# mutually exclusive events or not

i've been asked to state whether the events A and B are mutually exclusive or not I know that if AnB=0 they are mutually exclusive but I don't understand the test on how to calculate mutually exclusive.

• P(A) = 4/8
• P(B) = 4/8
• P(AnB) = 2/8
• P(AuB) = 6/8

I found that my P(A) + P(B)- P(AnB) was equal to the P(AuB) (4/8) + (4/8) - (2/8) = 6/8 P(AuB) but does this mean they are not mutually exclusive since this test is only applicable if the events are not mutually exclusive? otherwise can you please give me another way to test for mutually excluse

• You're missing a lot of $P$'s throughout your post (for instance $P(A\cap B)=0$ and not $A\cap B=0$). Please edit accordingly.

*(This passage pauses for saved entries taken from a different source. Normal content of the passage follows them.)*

ghost use Rattle.std.specs.Prelude.{◌↔◌, IsTrue, All};
ghost use Rattle.ga_base.specs.Totals.{LinesAdd, TotalsFit};
ghost use Rattle.ga_summary.specs.SummaryParts.{rows_in};
ghost use Rattle.ga_summary.specs.SummaryRows.{IsInOrder};
ghost use Rattle.ga_summary.specs.Sound.{TotalsAreSound, day_rows};
ghost use Rattle.ga_summary.specs.Steps.Loads.{LoadWithin, TimeFits, load_of};

use crate::PartRow;
use crate::load::Load;
use ga_base::{BIG, LIMIT, Sums, Totals};

/// Whether counted, failed and excluded lines are all lines.
fn lines_add(totals: Totals) -> bool
    ensures { IsTrue result ↔ LinesAdd totals }
{
    u128::from(totals.hits) + u128::from(totals.failed) + u128::from(totals.excluded)
        == u128::from(totals.lines)
}

/// Whether no counter of totals is above the limit.
pub fn totals_fit(totals: Totals) -> bool
    ensures { IsTrue result ↔ TotalsFit totals }
{
    totals.lines <= LIMIT && totals.bytes <= LIMIT && totals.micros <= LIMIT
}

/// Whether a row's maximum is a time, and at most the row's sum of times.
fn time_fits(sums: Sums) -> bool
    ensures { IsTrue result ↔ TimeFits sums }
{
    sums.max_micros <= BIG && sums.max_micros <= sums.micros
}

/// Whether each row's maximum fits.
fn times_fit(rows: &[PartRow]) -> bool
    ensures { IsTrue result ↔ All (λ row. TimeFits row.sums) rows.now }
{
    for row in rows {
        if !time_fits(row.sums) {
            return false;
        }
    }
    true
}

/// Whether the rows of days sum to at most this.
fn days_within(rows: &[PartRow], most: Load) -> bool
    ensures { IsTrue result ↔ LoadWithin (load_of (day_rows (rows_in rows.now))) most }
{
    let mut sum = Load::NONE;
    for row in rows {
        if row.key.is_day() {
            match sum.add(Load::of_sums(row.sums), most) {
                Some(more) => sum = more,
                None => return false,
            }
        }
    }
    true
}

/// Whether totals go with rows that are in order.
pub(crate) fn totals_go_with(totals: Totals, rows: &[PartRow]) -> bool
    requires { IsInOrder (rows_in rows.now) }
    ensures { IsTrue result ↔ TotalsAreSound (record { totals = totals; rows = rows_in rows.now }) }
{
    if !lines_add(totals) {
        return false;
    }
    if !totals_fit(totals) {
        return false;
    }
    if !times_fit(rows) {
        return false;
    }
    days_within(rows, Load::of_totals(totals))
}
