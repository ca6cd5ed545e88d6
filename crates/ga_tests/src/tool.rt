//! The tool for databases, and bytes that are written to targets.

use ga_base::{Bytes, Counter, NoMemory, Text};
use ga_dbtool::{DbStatus, db_run};
use ga_ports::{Disk, Outs, To};
use ga_print::keys_csv;
use ga_summary::Summary;
use ga_targets::{print, say};
use std::alloc::Global;

/// Each status.
pub const DB_STATUSES: [DbStatus; 9] = [
    DbStatus::Done,
    DbStatus::BadWords { at: 0 },
    DbStatus::DiskFault { db: 0 },
    DbStatus::OutFault {
        to: To::Stdout,
        at: 0,
    },
    DbStatus::CounterFull {
        which: Counter::Lines,
        total: 0,
    },
    DbStatus::DbDamaged {
        db: 1,
        side: 0,
        at: 1,
    },
    DbStatus::NoMemory,
    DbStatus::KeepDiffers {
        stored: 2,
        given: 3,
    },
    DbStatus::SharedEntry { left: 0, right: 0 },
];

/// The exit status of a run of the tool.
pub fn tool_code<D: Disk, O: Outs>(
    alloc: Global,
    words: &[Text],
    first: &mut D,
    second: &mut D,
    outs: &mut O,
) -> u8 {
    db_run(alloc, words, first, second, outs).code()
}

/// The keys of a summary.
pub fn keys_of_summary(alloc: Global, summary: &Summary) -> Result<Bytes, NoMemory> {
    keys_csv(alloc, summary)
}

/// Writes to standard output, and says where it failed.
pub fn print_or_say<O: Outs>(outs: &mut O, bytes: &[u8]) {
    if print(outs, To::Stdout, bytes).is_err() {
        say(outs, &[b"failed\n"]);
    }
}
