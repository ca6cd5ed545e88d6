//! Types that all crates share.

ghost use Rattle.std.specs.Prelude.{◌≡◌, ◌<◌};

use ga_base::{
    BIG, Bytes, Counter, DateSpec, HourSpec, Key, LIMIT, NoMemory, Panel, PanelSet, Steps, Text,
    Texts,
};
use std::alloc::Global;
use std::sync::ledger::{Blank, Ledger};

/// The panels, in their order.
pub const PANELS: [Panel; 17] = [
    Panel::Visitors,
    Panel::Requests,
    Panel::RequestsStatic,
    Panel::NotFound,
    Panel::Hosts,
    Panel::Os,
    Panel::Browsers,
    Panel::VisitTimes,
    Panel::VirtualHosts,
    Panel::Referrers,
    Panel::ReferringSites,
    Panel::Keyphrases,
    Panel::StatusCodes,
    Panel::RemoteUser,
    Panel::CacheStatus,
    Panel::MimeType,
    Panel::TlsType,
];

/// How finely days are told.
pub const DATE_SPECS: [DateSpec; 3] = [DateSpec::Date, DateSpec::Hour, DateSpec::Minute];

/// How finely the time of the day is told.
pub const HOUR_SPECS: [HourSpec; 2] = [HourSpec::Hour, HourSpec::Tens];

/// The counters that can be full.
pub const COUNTERS: [Counter; 4] = [
    Counter::Lines,
    Counter::Bytes,
    Counter::Micros,
    Counter::Generations,
];

/// The limits of counters and of numbers in a line.
pub fn limits() -> (u64, u64) {
    (LIMIT, BIG)
}

/// A text, and its bytes.
pub fn text_of(alloc: Global, text: &str) -> Result<Text, NoMemory> {
    Text::of(alloc, text)
}

/// The bytes of a text.
pub fn bytes_of_text(text: &Text) -> &[u8] {
    text.bytes()
}

/// Bytes.
pub fn bytes_of(alloc: Global, bytes: &[u8]) -> Result<Bytes, NoMemory> {
    Bytes::of(alloc, bytes)
}

/// Bytes, lent.
pub fn lent(bytes: &Bytes) -> &[u8] {
    bytes.bytes()
}

/// An empty list.
pub fn texts(alloc: Global) -> Texts {
    Texts::new(alloc)
}

/// A list with an item more.
pub fn push(texts: &mut Texts, text: Text) -> Result<(), NoMemory> {
    texts.push(text)
}

/// The items of a list.
pub fn items(texts: &Texts) -> &[Text] {
    texts.items()
}

/// Whether a key is a day's.
pub fn is_day(key: &Key) -> bool {
    key.is_day()
}

/// All panels.
pub fn all_panels() -> PanelSet {
    PanelSet::all()
}

/// No panel.
pub fn no_panel() -> PanelSet {
    PanelSet::none()
}

/// A panel more, or one less.
pub fn set(panels: &mut PanelSet, panel: Panel, on: bool) {
    panels.set(panel, on)
}

/// Whether a panel is among these.
pub fn has(panels: &PanelSet, panel: Panel) -> bool {
    panels.has(panel)
}

/// The steps of a ledger.
pub fn open<L: Ledger>(blank: Blank) -> Steps<L>
    requires name { blank.name ≡ L.name }
    requires parts { blank.parts ≡ L.parts }
    requires some { 0 < blank.parts }
{
    Steps::<L>::open(blank)
}

/// A step more.
pub fn tick<L: Ledger>(steps: &mut Steps<L>) {
    steps.tick()
}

If $P(A\cap B)=2/8$ then $A$ and $B$ can't be mutually exclusive, can they? Mar 12, 2014 at 9:55
• woops! sorry, edited now Mar 12, 2014 at 11:20

If $A\cap B=\emptyset$ (the definition of mutually exclusive) the what must the probability of $A\cap B$ be?
It has been given in the condition that $P(A \cap B) \neq 0$, so this is not a mutually exclusive event.